In 2016, he earned gold medals swimming on the men's 4x100 freestyle and 4x100 medley relays, which kicked off what has been a dominant career.
He has competed in the FINA World Aquatics Championships long and short courses, as well as the Pan Pacific Championships. In the latter, he has two golds, two silvers and a bronze. In short course world championships, he has six gold and three silver medals. And in the long course championships, he has tallied 13 gold medals and two silvers. Add them all up with his five Olympic gold medals, and Dressel is sitting at a total of 27 gold, nine silver and four bronze medals.
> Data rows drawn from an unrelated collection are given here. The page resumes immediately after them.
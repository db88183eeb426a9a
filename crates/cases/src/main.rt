//! Plays cases against `cse_cli::run` over objects in memory, prints one line for each that
//! differs, and then how many were played. `args` names the files of cases, which lie in `data/`;
//! `stdout` has the count that must come. A new case needs no proof and no build.
//!
//! # The format
//!
//! A file is UTF-8 text in lines. Empty lines are skipped, and so are those that begin with `#`. A
//! line that isn't one of the following, or stands where it can't, is named, and the run fails. A
//! case begins with its title:
//!
//! - `== TITLE`: what the case shows.
//!
//! Behind it, in any order, what goes in:
//!
//! - `words WORD ..`: the words of the command line; none where the line is missing.
//! - `clock N ..`: what the clock tells, call for call, and then the last again; 0 where it is
//!   missing.
//! - `in`: standard input, a block.
//! - `cut N ..`: read k of the input gives at most the k-th number of bytes, a later one as many as
//!   fit.
//! - `cut N*`: each read gives at most N bytes.
//! - `cut each`: the case is played once for each place inside the input, which is cut in two
//!   there.
//! - `cut turns`: the client waits. Each block of `in`, of 4,096 bytes at most, is given by a read
//!   of its own, and only once as many replies were put as blocks were given before; a read that
//!   comes earlier fails.
//! - `prefixes NAME`: the case is played once for each proper prefix of the named text that isn't
//!   empty, which stands behind the input.
//! - `fail in N ..`: the reads of these numbers fail, from 1; and so do the calls of `out`, `err`,
//!   `link` and `door`.
//! - `answer`: an answer of the link of `first`, a block. Answers are given in order.
//! - `conn`, `conn N`: a connection of the door, or so many alike. The lines `in`, `cut N ..`,
//!   `cut N*`, `fail in`, `fail out` and `out` behind it are its own.
//!
//! And what must come:
//!
//! - `out`: standard output, a block.
//! - `err TEXT`: standard error, the text and a line feed; nothing where the line is missing.
//! - `status N`: the number of the status; 0 where the line is missing.
//! - `left N`: so many bytes of the input are left unread; not compared where the line is missing.
//! - `asked HOST`: an exchange of the link of `first`: what was sent to this host, a block. All
//!   exchanges stand, in order.
//! - `served N`: so many connections of the door got just what their `out` says; all where it is
//!   missing.
//!
//! A block is the lines behind its head that begin with `|`: behind a blank each is one line, which
//! ends in CR LF. It may have a number in its head, `in 3`, and stands so often; and the name of a
//! text in place of lines, `in get` or `out 3 get`. Blocks of one kind stand one behind another.
//! Above the first title stand the texts, each a block with the head `text NAME`, and `words` and
//! `clock` for all cases of the file that have no such line.
//!
//! In blocks and behind `err` a backslash at the end takes the end of the line away; `\n`, `\r`,
//! `\t` and `\\` are LF, CR, tab and backslash, `\xHH` is any byte, and `\{N}` says that the byte
//! before it stands N times.
#![tactic(auto)]

mod came;
mod case;
mod client;
mod escapes;
mod fault;
mod link;
mod play;
mod reader;
mod verdict;

use case::Case;
use fault::Fault;
use std::alloc::{AllocError, Global};
use std::process::ExitCode;
use std::rt::{Env, Files};
use std::sync::Wait;
use std::thread::Threads;
use std::{env, fs, io, time};

/// How many cases were played, and how many of them differed.
#[derive(Clone, Copy)]
struct Count {
    played: u64,
    differ: u64,
}

fn print_difference(
    rt: &impl Print,
    file: &str,
    case: &Case,
    form: usize,
    difference: &str,
) -> io::Result<()> {
    let (line, title) = (case.line, case.title.as_str());
    let forms = case.forms();
    if forms == 1 {
        return println!(rt; "{file}:{line}: {title}: {difference}");
    }
    let number = form.saturating_add(1);
    println!(rt; "{file}:{line}: {title}, form {number} of {forms}: {difference}")
}

/// Plays a case in each of its forms, and prints a line for each form that differs.
fn play_case<R>(rt: &R, file: &str, case: &Case, count: &mut Count) -> io::Result<()>
where
    R: Wait + Threads + time::Clock + AllocGlobal + Print + Clone + Drop + Sync + Send,
{
    for form in 0..case.forms() {
        count.played = count.played.saturating_add(1);
        if let Some(difference) = play::play(rt, rt.alloc(), case, form)? {
            count.differ = count.differ.saturating_add(1);
            print_difference(rt, file, case, form, difference.as_str())?;
        }
    }
    Ok(())
}

/// Plays the cases of a file. False where a line of it is malformed, which is printed.
fn play_file<R>(rt: &R, file: &str, count: &mut Count) -> io::Result<bool>
where
    R: Wait + Threads + time::Clock + Files + AllocGlobal + Print + Clone + Drop + Sync + Send,
{
    let text = fs::read_to_string(rt, file)?;
    match reader::read(rt.alloc(), text.as_str()) {
        Ok(cases) => {
            for case in &cases {
                play_case(rt, file, case, count)?;
            }
            Ok(true)
        }
        Err(Fault::OutOfMemory) => Err(io::Error::from(io::ErrorKind::OutOfMemory)),
        Err(Fault::Line { line, why }) => {
            println!(rt; "{file}:{line}: {why}")?;
            Ok(false)
        }
    }
}

/// The words behind the program's name; none where they can't be read.
fn words<R: Env + AllocGlobal>(rt: &R) -> Result<Vec<String>, AllocError> {
    match env::args(rt) {
        Ok(args) => args.skip(1).collect(rt.alloc()),
        Err(_) => Ok(Vec::new(rt.alloc())),
    }
}

fn main(rt: HostRuntime) -> io::Result<ExitCode> {
    let mut count = Count {
        played: 0,
        differ: 0,
    };
    let mut whole = true;
    for file in &words(&rt)? {
        whole &= play_file(&rt, file.as_str(), &mut count)?;
    }
    println!(&rt; "{} cases, {} differ", count.played, count.differ)?;
    let passes = whole && 0 < count.played && count.differ == 0;
    Ok(ExitCode::from(if passes { 0 } else { 1 }))
}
Along the way, Dressel has been taking down records. He is the current world record holder in the long course 100 butterfly — set in his gold-medal winning race this year — and swam as part of the world record-holding 4x100 mixed freestyle relay that the U.S. set in 2019. On short courses, he holds the world 50 freestyle, 100 butterfly and 100 individual medley, and he has been a part of the record-holding 4x50 men's freestyle relay, 4x100 men's freestyle relay and the 4x50 mixed freestyle relay.
He is the current American record holder in the 50 freestyle (LC and SC), 100 freestyle (LC and SC), 100 butterfly (LC and SC), 200 butterfly (LC and SC) and 100 individual medley (SC) and has been part of the short course American record relay units on the 400 freestyle relay, 200 medley relay and 400 medley relay.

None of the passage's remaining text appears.